__YOUR GOAL__
For the entries below, repeat exactly each line starting with the one that contains "let length = argument(rt, place, &mut" and going on through the one that contains "let mut at = row;", and no others.

__GIVEN RECORDS__
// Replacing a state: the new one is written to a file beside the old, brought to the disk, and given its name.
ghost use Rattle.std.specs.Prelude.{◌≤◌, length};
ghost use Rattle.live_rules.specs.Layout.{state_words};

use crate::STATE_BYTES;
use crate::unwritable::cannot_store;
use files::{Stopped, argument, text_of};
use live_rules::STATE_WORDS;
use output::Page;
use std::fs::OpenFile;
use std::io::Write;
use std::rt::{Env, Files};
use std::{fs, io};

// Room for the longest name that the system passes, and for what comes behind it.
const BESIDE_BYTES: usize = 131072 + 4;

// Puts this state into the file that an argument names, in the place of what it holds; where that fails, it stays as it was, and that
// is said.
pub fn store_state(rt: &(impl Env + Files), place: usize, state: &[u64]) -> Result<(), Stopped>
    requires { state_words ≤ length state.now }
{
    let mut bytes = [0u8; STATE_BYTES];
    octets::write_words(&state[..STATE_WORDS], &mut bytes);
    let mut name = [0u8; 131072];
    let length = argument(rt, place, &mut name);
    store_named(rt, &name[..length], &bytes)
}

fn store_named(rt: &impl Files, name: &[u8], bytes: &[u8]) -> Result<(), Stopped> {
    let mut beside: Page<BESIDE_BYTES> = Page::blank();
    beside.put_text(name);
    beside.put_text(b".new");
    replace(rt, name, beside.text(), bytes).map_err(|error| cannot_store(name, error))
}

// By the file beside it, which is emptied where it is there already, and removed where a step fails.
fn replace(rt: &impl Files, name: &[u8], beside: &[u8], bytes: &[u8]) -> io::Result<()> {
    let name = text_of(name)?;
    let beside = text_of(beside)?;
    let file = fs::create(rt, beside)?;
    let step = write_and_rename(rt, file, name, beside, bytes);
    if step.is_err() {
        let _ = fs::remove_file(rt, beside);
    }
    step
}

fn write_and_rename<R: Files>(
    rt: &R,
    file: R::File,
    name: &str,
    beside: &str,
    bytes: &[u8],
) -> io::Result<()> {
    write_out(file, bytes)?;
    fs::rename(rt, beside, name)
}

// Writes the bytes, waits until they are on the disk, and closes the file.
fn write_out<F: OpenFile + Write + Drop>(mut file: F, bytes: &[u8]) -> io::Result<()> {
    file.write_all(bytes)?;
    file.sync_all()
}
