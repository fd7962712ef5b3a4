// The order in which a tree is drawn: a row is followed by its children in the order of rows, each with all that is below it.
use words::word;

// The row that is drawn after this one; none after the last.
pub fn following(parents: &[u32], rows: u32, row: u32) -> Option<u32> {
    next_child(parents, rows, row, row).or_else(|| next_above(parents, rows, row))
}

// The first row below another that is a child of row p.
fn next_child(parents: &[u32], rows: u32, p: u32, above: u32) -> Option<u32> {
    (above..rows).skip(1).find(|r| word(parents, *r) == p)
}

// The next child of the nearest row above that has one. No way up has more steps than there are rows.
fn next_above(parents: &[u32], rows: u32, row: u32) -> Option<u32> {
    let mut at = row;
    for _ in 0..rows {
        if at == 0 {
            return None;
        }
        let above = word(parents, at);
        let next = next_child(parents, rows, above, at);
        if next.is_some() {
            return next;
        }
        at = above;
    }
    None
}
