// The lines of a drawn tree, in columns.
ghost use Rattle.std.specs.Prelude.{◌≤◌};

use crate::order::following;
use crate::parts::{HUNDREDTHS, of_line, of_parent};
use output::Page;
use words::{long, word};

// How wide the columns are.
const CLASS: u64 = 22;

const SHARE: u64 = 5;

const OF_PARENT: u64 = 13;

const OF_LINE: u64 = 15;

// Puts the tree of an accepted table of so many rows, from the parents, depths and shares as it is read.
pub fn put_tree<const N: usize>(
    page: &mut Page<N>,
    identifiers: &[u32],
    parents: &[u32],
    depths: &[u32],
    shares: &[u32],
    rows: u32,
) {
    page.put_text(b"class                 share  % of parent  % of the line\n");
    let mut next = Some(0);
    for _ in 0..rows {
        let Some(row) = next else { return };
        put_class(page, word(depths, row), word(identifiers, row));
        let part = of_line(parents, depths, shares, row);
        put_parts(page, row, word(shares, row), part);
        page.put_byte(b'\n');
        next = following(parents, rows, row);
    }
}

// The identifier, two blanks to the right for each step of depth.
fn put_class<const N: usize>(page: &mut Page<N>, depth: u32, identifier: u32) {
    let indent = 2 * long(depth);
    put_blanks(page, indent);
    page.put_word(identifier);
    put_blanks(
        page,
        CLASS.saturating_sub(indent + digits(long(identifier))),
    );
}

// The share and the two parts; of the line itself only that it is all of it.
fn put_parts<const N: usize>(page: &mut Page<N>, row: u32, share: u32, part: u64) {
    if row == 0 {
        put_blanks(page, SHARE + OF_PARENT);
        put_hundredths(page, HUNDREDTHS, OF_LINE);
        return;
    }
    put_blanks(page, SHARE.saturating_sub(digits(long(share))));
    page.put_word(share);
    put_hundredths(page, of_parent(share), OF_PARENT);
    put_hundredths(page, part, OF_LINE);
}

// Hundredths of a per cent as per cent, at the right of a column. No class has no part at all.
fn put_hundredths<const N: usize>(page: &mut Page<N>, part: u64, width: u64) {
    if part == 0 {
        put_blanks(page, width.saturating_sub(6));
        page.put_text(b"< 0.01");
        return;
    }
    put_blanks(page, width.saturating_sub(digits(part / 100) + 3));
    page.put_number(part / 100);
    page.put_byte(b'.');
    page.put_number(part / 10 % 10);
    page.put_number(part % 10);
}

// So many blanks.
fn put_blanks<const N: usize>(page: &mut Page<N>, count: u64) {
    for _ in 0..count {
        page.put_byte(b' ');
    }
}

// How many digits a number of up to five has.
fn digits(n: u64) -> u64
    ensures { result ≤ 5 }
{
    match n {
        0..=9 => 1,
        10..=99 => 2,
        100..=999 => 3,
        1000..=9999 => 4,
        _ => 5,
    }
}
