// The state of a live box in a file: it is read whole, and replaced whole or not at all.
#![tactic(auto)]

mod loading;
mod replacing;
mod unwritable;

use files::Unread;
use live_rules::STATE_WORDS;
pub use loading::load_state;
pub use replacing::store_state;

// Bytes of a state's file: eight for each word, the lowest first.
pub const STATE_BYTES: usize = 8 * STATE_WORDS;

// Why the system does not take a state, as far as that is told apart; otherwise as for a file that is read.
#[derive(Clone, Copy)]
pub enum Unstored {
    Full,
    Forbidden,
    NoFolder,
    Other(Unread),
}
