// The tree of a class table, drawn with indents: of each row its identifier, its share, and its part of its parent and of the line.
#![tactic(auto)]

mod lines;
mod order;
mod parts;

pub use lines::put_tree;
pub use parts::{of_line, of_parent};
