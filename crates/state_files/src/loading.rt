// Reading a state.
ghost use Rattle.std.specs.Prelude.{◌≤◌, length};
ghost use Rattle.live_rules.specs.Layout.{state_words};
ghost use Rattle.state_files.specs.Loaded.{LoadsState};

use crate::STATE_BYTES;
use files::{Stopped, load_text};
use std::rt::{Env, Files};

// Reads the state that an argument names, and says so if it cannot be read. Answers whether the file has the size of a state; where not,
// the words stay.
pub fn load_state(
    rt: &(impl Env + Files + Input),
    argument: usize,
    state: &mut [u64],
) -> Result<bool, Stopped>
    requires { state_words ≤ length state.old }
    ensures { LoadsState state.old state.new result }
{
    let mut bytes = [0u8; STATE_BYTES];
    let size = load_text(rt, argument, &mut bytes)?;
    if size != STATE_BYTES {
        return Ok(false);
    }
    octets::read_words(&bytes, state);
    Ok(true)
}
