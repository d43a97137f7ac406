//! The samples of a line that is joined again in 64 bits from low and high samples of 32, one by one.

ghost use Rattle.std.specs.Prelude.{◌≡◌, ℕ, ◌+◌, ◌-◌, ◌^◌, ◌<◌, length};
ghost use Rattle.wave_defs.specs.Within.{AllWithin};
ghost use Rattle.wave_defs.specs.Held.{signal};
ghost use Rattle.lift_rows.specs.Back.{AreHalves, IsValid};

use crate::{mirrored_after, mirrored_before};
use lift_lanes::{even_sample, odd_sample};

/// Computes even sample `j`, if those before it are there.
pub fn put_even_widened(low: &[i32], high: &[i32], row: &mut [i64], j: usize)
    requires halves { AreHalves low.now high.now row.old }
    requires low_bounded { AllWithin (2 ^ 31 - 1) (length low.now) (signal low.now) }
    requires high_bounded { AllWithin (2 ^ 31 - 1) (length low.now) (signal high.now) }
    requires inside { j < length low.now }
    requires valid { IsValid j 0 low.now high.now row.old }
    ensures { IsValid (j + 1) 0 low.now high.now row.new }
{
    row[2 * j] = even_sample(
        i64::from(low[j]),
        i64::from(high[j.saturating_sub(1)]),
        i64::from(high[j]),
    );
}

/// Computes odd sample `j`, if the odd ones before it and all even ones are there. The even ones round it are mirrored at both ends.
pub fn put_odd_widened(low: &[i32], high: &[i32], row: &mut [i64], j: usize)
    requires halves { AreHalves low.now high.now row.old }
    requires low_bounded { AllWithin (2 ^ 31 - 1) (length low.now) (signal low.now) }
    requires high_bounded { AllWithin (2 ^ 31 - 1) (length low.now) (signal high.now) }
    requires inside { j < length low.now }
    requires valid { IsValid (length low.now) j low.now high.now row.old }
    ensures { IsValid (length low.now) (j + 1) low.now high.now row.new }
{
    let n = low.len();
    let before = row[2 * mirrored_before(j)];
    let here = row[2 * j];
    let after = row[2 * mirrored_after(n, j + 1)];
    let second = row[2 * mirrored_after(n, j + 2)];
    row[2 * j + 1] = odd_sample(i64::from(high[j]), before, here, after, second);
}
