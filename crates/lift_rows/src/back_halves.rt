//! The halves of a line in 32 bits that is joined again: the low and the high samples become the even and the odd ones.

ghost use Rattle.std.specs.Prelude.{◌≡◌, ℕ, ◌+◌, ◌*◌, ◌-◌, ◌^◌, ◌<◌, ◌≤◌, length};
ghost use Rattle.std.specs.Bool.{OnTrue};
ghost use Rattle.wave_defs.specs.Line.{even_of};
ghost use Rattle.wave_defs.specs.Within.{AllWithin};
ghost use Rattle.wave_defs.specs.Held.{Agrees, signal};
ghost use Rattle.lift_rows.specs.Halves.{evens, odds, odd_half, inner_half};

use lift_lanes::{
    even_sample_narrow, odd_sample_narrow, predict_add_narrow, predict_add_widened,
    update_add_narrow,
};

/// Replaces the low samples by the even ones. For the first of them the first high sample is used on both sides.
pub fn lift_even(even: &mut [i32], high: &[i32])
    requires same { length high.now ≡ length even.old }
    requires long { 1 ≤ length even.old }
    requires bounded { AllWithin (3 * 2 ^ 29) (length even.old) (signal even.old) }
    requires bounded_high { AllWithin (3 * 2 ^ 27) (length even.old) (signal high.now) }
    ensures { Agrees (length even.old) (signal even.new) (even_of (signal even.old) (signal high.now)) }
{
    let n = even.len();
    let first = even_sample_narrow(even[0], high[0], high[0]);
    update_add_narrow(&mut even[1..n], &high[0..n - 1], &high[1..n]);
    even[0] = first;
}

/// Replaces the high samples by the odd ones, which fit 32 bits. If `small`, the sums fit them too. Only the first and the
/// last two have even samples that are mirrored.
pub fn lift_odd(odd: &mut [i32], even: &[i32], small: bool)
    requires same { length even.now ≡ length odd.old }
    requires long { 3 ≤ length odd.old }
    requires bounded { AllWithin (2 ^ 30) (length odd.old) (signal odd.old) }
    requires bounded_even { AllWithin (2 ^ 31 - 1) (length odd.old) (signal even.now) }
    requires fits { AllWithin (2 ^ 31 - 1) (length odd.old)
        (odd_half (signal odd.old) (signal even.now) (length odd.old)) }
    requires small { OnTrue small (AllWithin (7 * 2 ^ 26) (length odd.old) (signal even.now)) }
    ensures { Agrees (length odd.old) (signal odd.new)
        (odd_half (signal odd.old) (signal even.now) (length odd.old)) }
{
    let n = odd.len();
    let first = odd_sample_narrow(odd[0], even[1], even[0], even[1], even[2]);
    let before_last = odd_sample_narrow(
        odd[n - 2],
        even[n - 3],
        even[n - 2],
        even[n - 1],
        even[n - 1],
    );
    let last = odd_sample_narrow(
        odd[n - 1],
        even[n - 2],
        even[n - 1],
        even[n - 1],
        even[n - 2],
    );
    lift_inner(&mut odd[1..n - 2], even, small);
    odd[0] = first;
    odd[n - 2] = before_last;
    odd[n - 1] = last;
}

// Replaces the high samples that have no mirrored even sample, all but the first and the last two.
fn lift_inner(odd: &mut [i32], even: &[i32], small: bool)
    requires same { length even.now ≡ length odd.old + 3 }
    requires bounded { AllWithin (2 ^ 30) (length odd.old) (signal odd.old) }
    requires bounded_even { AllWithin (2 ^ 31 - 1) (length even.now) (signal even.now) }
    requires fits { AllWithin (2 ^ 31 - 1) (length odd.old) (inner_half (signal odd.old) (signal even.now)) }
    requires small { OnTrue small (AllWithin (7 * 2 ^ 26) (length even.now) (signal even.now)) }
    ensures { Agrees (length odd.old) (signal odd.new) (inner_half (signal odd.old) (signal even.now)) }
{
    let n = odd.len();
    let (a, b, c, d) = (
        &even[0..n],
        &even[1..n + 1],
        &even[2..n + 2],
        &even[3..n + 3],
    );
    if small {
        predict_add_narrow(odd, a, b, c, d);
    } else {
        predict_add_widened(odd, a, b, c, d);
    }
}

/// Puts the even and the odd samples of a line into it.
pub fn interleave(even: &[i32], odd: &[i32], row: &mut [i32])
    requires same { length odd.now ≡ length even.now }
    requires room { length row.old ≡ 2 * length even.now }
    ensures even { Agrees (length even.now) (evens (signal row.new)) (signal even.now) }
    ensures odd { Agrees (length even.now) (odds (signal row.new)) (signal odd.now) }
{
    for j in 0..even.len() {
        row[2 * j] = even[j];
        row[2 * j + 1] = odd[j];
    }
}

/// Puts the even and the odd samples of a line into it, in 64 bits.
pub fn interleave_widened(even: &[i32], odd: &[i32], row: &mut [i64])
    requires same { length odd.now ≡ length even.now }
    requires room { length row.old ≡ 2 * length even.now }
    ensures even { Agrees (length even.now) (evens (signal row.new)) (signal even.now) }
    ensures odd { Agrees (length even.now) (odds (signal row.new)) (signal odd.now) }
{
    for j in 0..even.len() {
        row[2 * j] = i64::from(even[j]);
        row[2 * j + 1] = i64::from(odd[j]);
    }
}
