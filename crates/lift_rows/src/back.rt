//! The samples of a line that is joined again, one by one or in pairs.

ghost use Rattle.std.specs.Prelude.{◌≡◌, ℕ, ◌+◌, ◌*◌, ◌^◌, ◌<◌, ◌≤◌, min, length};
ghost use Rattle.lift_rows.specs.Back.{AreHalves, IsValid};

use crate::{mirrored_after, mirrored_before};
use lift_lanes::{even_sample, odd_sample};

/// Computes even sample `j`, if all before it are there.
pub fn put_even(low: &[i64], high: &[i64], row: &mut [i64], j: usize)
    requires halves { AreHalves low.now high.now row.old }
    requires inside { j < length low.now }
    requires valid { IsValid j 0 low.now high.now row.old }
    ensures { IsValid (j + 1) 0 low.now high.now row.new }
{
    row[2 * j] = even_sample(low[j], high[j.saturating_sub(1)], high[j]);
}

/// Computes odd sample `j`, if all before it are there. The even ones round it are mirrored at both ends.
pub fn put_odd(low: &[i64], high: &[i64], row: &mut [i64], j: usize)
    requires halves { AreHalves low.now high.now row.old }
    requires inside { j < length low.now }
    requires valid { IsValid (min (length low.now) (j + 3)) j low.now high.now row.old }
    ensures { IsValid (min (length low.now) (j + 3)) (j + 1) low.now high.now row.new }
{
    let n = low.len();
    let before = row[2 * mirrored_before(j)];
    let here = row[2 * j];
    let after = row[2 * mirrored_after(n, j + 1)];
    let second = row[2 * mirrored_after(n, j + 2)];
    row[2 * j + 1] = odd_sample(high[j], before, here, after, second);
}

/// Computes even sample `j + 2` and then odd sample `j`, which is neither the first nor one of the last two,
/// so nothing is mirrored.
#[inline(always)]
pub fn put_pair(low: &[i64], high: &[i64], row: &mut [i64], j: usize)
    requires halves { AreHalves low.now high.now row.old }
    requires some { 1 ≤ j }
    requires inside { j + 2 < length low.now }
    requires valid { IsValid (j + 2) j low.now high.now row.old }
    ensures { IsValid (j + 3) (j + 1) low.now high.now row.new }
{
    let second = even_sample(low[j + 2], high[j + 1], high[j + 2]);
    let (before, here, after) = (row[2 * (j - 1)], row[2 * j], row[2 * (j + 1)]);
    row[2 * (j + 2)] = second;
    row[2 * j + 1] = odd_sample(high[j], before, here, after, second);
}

__EXERCISE OUTPUT__
    let length = argument(rt, place, &mut name);
    store_named(rt, &name[..length], &bytes)
}

fn store_named(rt: &impl Files, name: &[u8], bytes: &[u8]) -> Result<(), Stopped> {
    let mut beside: Page<BESIDE_BYTES> = Page::blank();
    beside.put_text(name);
    beside.put_text(b".new");
    replace(rt, name, beside.text(), bytes).map_err(|error| cannot_store(name, error))
}

// By the file beside it, which is emptied where it is there already, and removed where a step fails.
fn replace(rt: &impl Files, name: &[u8], beside: &[u8], bytes: &[u8]) -> io::Result<()> {
    let name = text_of(name)?;
    let beside = text_of(beside)?;
    let file = fs::create(rt, beside)?;
    let step = write_and_rename(rt, file, name, beside, bytes);
    if step.is_err() {
        let _ = fs::remove_file(rt, beside);
    }
    step
}

fn write_and_rename<R: Files>(
    rt: &R,
    file: R::File,
    name: &str,
    beside: &str,
    bytes: &[u8],
) -> io::Result<()> {
    write_out(file, bytes)?;
    fs::rename(rt, beside, name)
}

// Writes the bytes, waits until they are on the disk, and closes the file.
fn write_out<F: OpenFile + Write + Drop>(mut file: F, bytes: &[u8]) -> io::Result<()> {
    file.write_all(bytes)?;
    file.sync_all()
}
repository fd7962712ef5b3a4
// The order in which a tree is drawn: a row is followed by its children in the order of rows, each with all that is below it.
use words::word;

// The row that is drawn after this one; none after the last.
pub fn following(parents: &[u32], rows: u32, row: u32) -> Option<u32> {
    next_child(parents, rows, row, row).or_else(|| next_above(parents, rows, row))
}

// The first row below another that is a child of row p.
fn next_child(parents: &[u32], rows: u32, p: u32, above: u32) -> Option<u32> {
    (above..rows).skip(1).find(|r| word(parents, *r) == p)
}

// The next child of the nearest row above that has one. No way up has more steps than there are rows.
fn next_above(parents: &[u32], rows: u32, row: u32) -> Option<u32> {
    let mut at = row;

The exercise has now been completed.